EXTRACTED INFORMATION Block Start

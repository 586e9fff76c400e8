// What each variable stands for, by the pairs.
ghost use Rattle.std.specs.Prelude.{◌≡◌, ◌+◌, ◌-◌, ◌*◌, ◌<◌, ◌≤◌, ◌^◌, map, length};
ghost use Rattle.std.specs.List.{All};
ghost use Rattle.tables.specs.Sizes.{most_variables};
ghost use Rattle.tables.specs.Literal.{literal, var};
ghost use Rattle.rules.specs.Pairs.{replace, starting, alone, give_way, meet, join};
ghost use Rattle.pairing.specs.Pairs.{Coded};

use rules::marks::is_marked;
use rules::standing::stands_for;
use tables::literal::{is_negative, literal, opposite, var};

/// What each variable stands for: a row with a literal of one of the row's variables, or 0 or 1, for each variable.
#[derive(Drop)]
pub struct Stands<'a> {
    row: &'a mut [u16],
    ghost few: { length row.now ≤ most_variables + 1 },
    ghost coded: { Coded row.now },
}

/// What a variable stands for at first: a forced one for its value, any other for itself.
#[tactic(auto, unfolding(rules::specs::Pairs::alone))]
fn alone(marks: &[u8], variable: usize) -> usize
    requires { variable ≤ most_variables + 1 }
    ensures is { result ≡ alone marks.now variable }
    ensures within { result ≤ 2 * (most_variables + 1) }
{
    if is_marked(marks, 2 * variable) {
        1
    } else if is_marked(marks, 2 * variable + 1) {
        0
    } else {
        2 * variable
    }
}

/// What stands in the place of a literal once a higher one has given way to a lower.
#[tactic(auto, unfolding(rules::specs::Pairs::give_way))]
fn give_way(low: usize, high: usize, literal: usize) -> usize
    requires { low + 1 < 2 ^ 16 }
    ensures is { result ≡ give_way low high literal }
    ensures within { literal < 2 ^ 16 → result < 2 ^ 16 }
{
    if literal == high {
        low
    } else if literal == opposite(high) {
        opposite(low)
    } else {
        literal
    }
}

/// Lets a higher literal give way to a lower one in a whole row.
#[tactic(auto, using(crate::proofs::StandSteps::relabel_turns))]
fn relabel(row: &mut [u16], low: usize, high: usize)
    requires { low + 1 < 2 ^ 16 }
    ensures { row.new ≡ map (give_way low high) row.old }
{
    for place in row.iter_mut() {
        *place = give_way(low, high, usize::from(*place)) as u16;
    }
}

/// Makes two literals stand for one: that of the higher variable gives way.
#[tactic(auto, unfolding(rules::specs::Pairs::meet))]
fn meet(row: &mut [u16], a: usize, b: usize)
    requires a_fits { a + 1 < 2 ^ 16 }
    requires b_fits { b + 1 < 2 ^ 16 }
    ensures { row.new ≡ meet a b row.old }
{
    if var(a) == var(b) {
        return;
    }
    if var(a) < var(b) {
        relabel(row, a, b);
    } else {
        relabel(row, b, a);
    }
}

impl<'a> Stands<'a> {
    /// Each variable at first: a forced one stands for its value, any other for itself.
    #[tactic(auto, using(crate::proofs::StandSteps::start_ends))]
    pub fn start(row: &'a mut [u16], marks: &[u8]) -> Stands<'a>
        requires some { 1 ≤ length row.old }
        requires few { length row.old ≤ most_variables + 1 }
        ensures is { result.row.now ≡ starting (length row.old - 1) marks.now }
        ensures same_row { result.row.ghost_name ≡ row.entry.ghost_name }
    {
        for (variable, place) in row.iter_mut().enumerate() {
            *place = alone(marks, variable) as u16;
        }
        // No variable is 0.
        row[0] = 0;
        Stands { row }
    }
}

impl Stands<'_> {
    /// What a literal is replaced by.
    #[tactic(auto, unfolding(rules::specs::Pairs::replace))]
    pub fn replacement(&self, literal: usize) -> usize
        ensures { result ≡ replace self.now.row.now literal }
    {
        let standing = stands_for(self.row, var(literal));
        if is_negative(literal) {
            opposite(standing)
        } else {
            standing
        }
    }

    /// Makes the two literals of a clause stand for opposites.
    #[tactic(auto, using(crate::proofs::StandSteps::two_sides, crate::proofs::StandSteps::replace_coded), unfolding(rules::specs::Pairs::join))]
    pub fn join(&mut self, clause: &[i32])
        requires two { length clause.now ≡ 2 }
        requires inside { All (λ e. var (literal e) < length self.old.row.now) clause.now }
        ensures { self.new.row.now ≡ join self.old.row.now (map literal clause.now) }
    {
        let first = self.replacement(literal(clause[0]));
        let second = self.replacement(literal(clause[1]));
        meet(self.row, first, opposite(second));
    }

    /// Takes each variable one round further: what it stood for is replaced by what that stands for.
    #[tactic(auto, using(crate::proofs::StandSteps::follow_turns, crate::proofs::StandSteps::replace_fits))]
    pub fn follow(&self, all: &mut [u16])
        requires { All (λ l. l < 2 * length self.now.row.now) all.old }
        ensures is { all.new ≡ map (replace self.now.row.now) all.old }
        ensures still_inside { All (λ l. l < 2 * length self.now.row.now) all.new }
    {
        for place in all.iter_mut() {
            *place = self.replacement(usize::from(*place)) as u16;
        }
    }
}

EXTRACTED INFORMATION Block End

* **EXERCISE REQUIREMENTS**: Report every line of the data above that contains the string "standing" by copying it in full.

* **SOLUTION TO THIS TASK**:
use rules::standing::stands_for;
        let standing = stands_for(self.row, var(literal));
            opposite(standing)
            standing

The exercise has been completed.